Microfinance has had its share of PR problems lately. Following the release of the results of two randomized control trials last year, a Boston Globe article carried the subheading "Billions of dollars and a Nobel Prize later, it looks like ‘microlending’ doesn’t actually do much to fight poverty." This was followed by a controversy over the microlending site Kiva, prompted by some incisive blogging by David Roodman, a fellow at the Center for Global Development. Roodman pointed out that Kiva does not actually facilitate loans to individual entrepreneurs but to microfinance organizations, and Kiva subsequently updated its website to be more clear about this point. And to complete the triumvirate, an article yesterday in the New York Times blared that Banks Making Big Profits from Tiny Loans, raising once again the debate around the commercialization of microfinance.

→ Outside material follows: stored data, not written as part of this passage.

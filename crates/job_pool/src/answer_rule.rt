//! The rule of the channel that brings answers back.

use crossbeam_channel::protocol::{Lesson, Outcome, Protocol, Split};
use revision_jobs::{Entries, Worked};
use std::marker::{Brand, PhantomData};

/// What an end knows of the answers: their table, and how many squares a step may keep. It stands
/// in proofs alone; no value of it is made.
pub(crate) struct Terms {
    pub(crate) table: Entries,
    pub(crate) limit: u32,
}

/// The rule: each answer is of the table and at the limit that all ends know. The type of what is
/// sent keeps that no answer says that its job was stopped where no flag was seen raised.
pub(crate) struct OfTable;

impl Protocol<Worked, Option<Terms>> for OfTable {
    ghost use Rattle.std.specs.Prelude.{None};
    ghost use Rattle.job_pool.specs.Home.{IsHome};

    ghost holds = { IsHome };

    ghost first = { None };
}

/// Picks the terms that the ends of a channel know, when it is made.
pub(crate) trait Naming {
    ghost use Rattle.job_pool.specs.declared.answer_rule.Terms.{Terms};

    ghost terms: { Terms };
}

impl Naming for Brand {
    ghost use Rattle.job_pool.specs.Home.{no_terms};

    ghost terms = { no_terms };
}

/// The first split, at which the terms are named.
pub(crate) struct NamesTerms<K> {
    of: PhantomData<K>,
}

impl<K: Naming> Split<Option<Terms>> for NamesTerms<K> {
    ghost use Rattle.std.specs.Prelude.{Some};

    ghost left = { λ v. Some K.terms };

    ghost right = { λ v. Some K.terms };
}

/// The split that makes another end.
pub(crate) struct MakesEnd;

impl Split<Option<Terms>> for MakesEnd {
    ghost left = { λ v. v };

    ghost right = { λ v. v };
}

/// A send or a receive: the end knows what it knew, and the answer is of its table and limit.
pub(crate) struct Passes;

impl Outcome<Worked, Option<Terms>> for Passes {
    ghost use Rattle.std.specs.Prelude.{◌≡◌};
    ghost use Rattle.job_pool.specs.Home.{IsAnswerOf};

    ghost then = { λ v answer w. (w ≡ v) × IsAnswerOf v answer };
}

impl Lesson<Worked, Option<Terms>> for Passes {
    ghost use Rattle.std.specs.Prelude.{⊤};

    ghost fact = { λ _ _. ⊤ };
}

The microfinance industry has taken notice, and has started to push back, particularly against the media coverage of the randomized control trial studies. A group of six practitioner networks (including the Grameen Foundation) recently issued a statement that questions some of the premises of the studies. As usual, Roodman has the money analysis of the statement on his blog. Rich Rosenberg over at CGAP also adds his take on the statement. He concludes:
But let’s be straightforward here. The main value proposition put forward on behalf of microcredit for the last quarter century is that it helps lift people out of poverty by raising incomes and consumption, not just smoothing them. At the moment, we don’t have very strong evidence that this particular proposition is true, and I don’t think we should be putting out public relations material that fudges the issue or suggests that we do have such evidence.
But this begs the question - what are MFIs to do in the (potentially temporary) absence of compelling evidence? Should they simply throw up their hands and give up? Or should they insist on explaining the benefits of consumption smoothing to a general audience? (Don't get me wrong, I think consumption smoothing is probably on its own a great argument in favor of microfinance, but I can just imagine most people's eyes glazing over once they hear that term.)
My modest suggestion is that MFIs need to do a better job at storytelling. In his post, Roodman is quite critical of the MFIs' reliance on a selective set of success stories. Indeed, the statement devotes nearly a full page to six success stories, all of individuals who took out microloans and successfully invested the money in starting or expanding microenterprises. Roodman is correct that these stories are simply anecdotes that never amount to hard evidence. But I seriously doubt the public-at-large will ever be able to appreciate the debates around the merits and pitfalls of randomized control trials. Thus, MFIs are obliged to fall back on storytelling, at least in their dealings with the general public.
But instead of rehashing the same stories (all but one of the six stories in the MFIs' statement were about women, and all were about microentrepreneurs), MFIs should tell more stories that are consistent with the wide variety of microfinance initiatives. Surely, there must be more compelling stories about men investing in businesses and sending their kids to school. And it is easy to imagine the beaming faces of individuals who have used microsavings products and saved up for a big purchase like a motorbike. Or farmers who took out microinsurance and benefitted when a streak of bad weather came along. Even consumption smoothing could be a compelling story if a microloan helped someone get through the hungry season. Of course, all of these stories would still not make it over Roodman's quantitative stick, but it just might help make the dialogue a little more honest in the future.